I think everyone who lives in the entirety of that land, all settlements included, should have the same rights enumerated in the US constitution, and they should all be able to elect representatives to govern by consent.
Without, honestly, trying to diss you: That is a lofty goal. I think that theoretically it is a good goal. I would love to see much of the world embrace the unalienable rights outlined by our founding fathers. However, "theoretically" is the key term. This is the kind of theory I would expect to hear from the professor in a geopolitics undergrad lecture. The kind of professor whose closest encounter to Middle Eastern Islam is the Palestinian restaurant in their college town.

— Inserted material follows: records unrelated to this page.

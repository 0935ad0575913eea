// Workers in threads of their own.
use crate::signals::Signals;
use crate::{Naming, Pace, Post};
use disk_model::Disk;
use log::Log;
use std::rt::Clock;
use std::sync::Wait;
use std::thread;
use std::thread::Threads;

/// A worker on a post.
pub trait Work<D: Disk, N: Naming> {
    /// Works until it is done, or everyone is to end.
    fn run<R: AllocGlobal + Wait + Clock + Log, P: Pace>(
        &mut self,
        rt: &R,
        post: &Post<D, N>,
        signals: &Signals,
        pace: &P,
    );
}

/// The thread of a worker could not be started. No worker runs any more.
#[derive(Clone, Copy, Debug, PartialEq, Eq)]
pub struct NoThread;

/// Runs two feeders and the flusher, each in a thread of its own, and the intake in this one, until all have ended, and
/// returns the three. The flusher is told to end once the feeders have ended.
///
/// # Errors
/// `NoThread` if a thread could not be started: all were stopped and have ended, and the three workers are lost.
pub fn run_threads<
    D: Disk + Send,
    N: Naming + Send + Sync,
    W: Work<D, N> + Drop + Send,
    F: Work<D, N> + Drop + Send,
    I: Work<D, N>,
    P: Pace + Sync,
    R: AllocGlobal + Threads + Wait + Clock + Log + Sync,
>(
    rt: &R,
    post: &Post<D, N>,
    signals: &Signals,
    feeders: (W, W),
    flusher: F,
    intake: &mut I,
    pace: &P,
) -> Result<(W, W, F), NoThread> {
    let (first, second) = feeders;
    thread::scope(
        thread::scope_env(),
        rt,
        |scope| -> Result<(W, W, F), NoThread> {
            let Ok(last) = scope.spawn(move || worked(rt, post, signals, flusher, pace)) else {
                return Err(NoThread);
            };
            let ended = run_with_intake(rt, post, signals, first, second, intake, pace);
            signals.end_flusher();
            let flusher = last.join(rt);
            match ended {
                Ok((first, second)) => Ok((first, second, flusher)),
                Err(fault) => Err(fault),
            }
        },
    )
}

/// Runs two workers, each in a thread of its own, until both have ended, and returns them. It starts no flusher and no
/// intake: a receipt comes only if one of the two flushes.
///
/// # Errors
/// `NoThread` if a thread could not be started: all were stopped and have ended, and both workers are lost.
pub fn run_feeders<
    D: Disk + Send,
    N: Naming + Send + Sync,
    W: Work<D, N> + Drop + Send,
    P: Pace + Sync,
    R: AllocGlobal + Threads + Wait + Clock + Log + Sync,
>(
    rt: &R,
    post: &Post<D, N>,
    signals: &Signals,
    feeders: (W, W),
    pace: &P,
) -> Result<(W, W), NoThread> {
    let (first, second) = feeders;
    run_with_intake(rt, post, signals, first, second, &mut NoIntake, pace)
}

// Stands in for the intake if there is none.
#[derive(Drop)]
struct NoIntake;

impl<D: Disk, N: Naming> Work<D, N> for NoIntake {
    fn run<R: AllocGlobal + Wait + Clock + Log, P: Pace>(
        &mut self,
        _rt: &R,
        _post: &Post<D, N>,
        _signals: &Signals,
        _pace: &P,
    ) {}
}

// Runs two feeders in threads of their own and the intake in this one. Each thread has a scope of its own.
fn run_with_intake<
    D: Disk + Send,
    N: Naming + Send + Sync,
    W: Work<D, N> + Drop + Send,
    I: Work<D, N>,
    P: Pace + Sync,
    R: AllocGlobal + Threads + Wait + Clock + Log + Sync,
>(
    rt: &R,
    post: &Post<D, N>,
    signals: &Signals,
    first: W,
    second: W,
    intake: &mut I,
    pace: &P,
) -> Result<(W, W), NoThread> {
    thread::scope(
        thread::scope_env(),
        rt,
        |scope| -> Result<(W, W), NoThread> {
            let Ok(one) = scope.spawn(move || worked(rt, post, signals, first, pace)) else {
                signals.stop();
                return Err(NoThread);
            };
            let ended = run_one_with_intake(rt, post, signals, second, intake, pace);
            let first = one.join(rt);
            match ended {
                Ok(second) => Ok((first, second)),
                Err(fault) => Err(fault),
            }
        },
    )
}

// Runs a feeder in a thread of its own and the intake in this one.
fn run_one_with_intake<
    D: Disk + Send,
    N: Naming + Send + Sync,
    W: Work<D, N> + Drop + Send,
    I: Work<D, N>,
    P: Pace + Sync,
    R: AllocGlobal + Threads + Wait + Clock + Log + Sync,
>(
    rt: &R,
    post: &Post<D, N>,
    signals: &Signals,
    feeder: W,
    intake: &mut I,
    pace: &P,
) -> Result<W, NoThread> {
    thread::scope(thread::scope_env(), rt, |scope| -> Result<W, NoThread> {
        let Ok(one) = scope.spawn(move || worked(rt, post, signals, feeder, pace)) else {
            signals.stop();
            return Err(NoThread);
        };
        intake.run(rt, post, signals, pace);
        Ok(one.join(rt))
    })
}

// Works until it is done.
fn worked<D: Disk, N: Naming, W: Work<D, N>, P: Pace, R: AllocGlobal + Wait + Clock + Log>(
    rt: &R,
    post: &Post<D, N>,
    signals: &Signals,
    worker: W,
    pace: &P,
) -> W {
    let mut worker = worker;
    worker.run(rt, post, signals, pace);
    worker
}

Even in the US, to a disconcerting degree in the present, we have citizens who believe things as foundational as the First Amendment should be curtailed and that people should be imprisoned for free speech. Now jump to the ME, where pretty much every time the West has inserted itself to "help" an ME nation move towards democracy, it has failed. Taliban, Inc., and pretty much a large portion of the populations in ME countries (or at least the populations with the power) have, and have historically had, zero interest in "governing by consent of the governed".
It has failed every single time, and religious tribalism has won. They can build Dubais to wow the Western world, but travel 50KM out of that city, and you'll still be killed for asserting your unalienable rights, if they offend the beliefs of the local populace.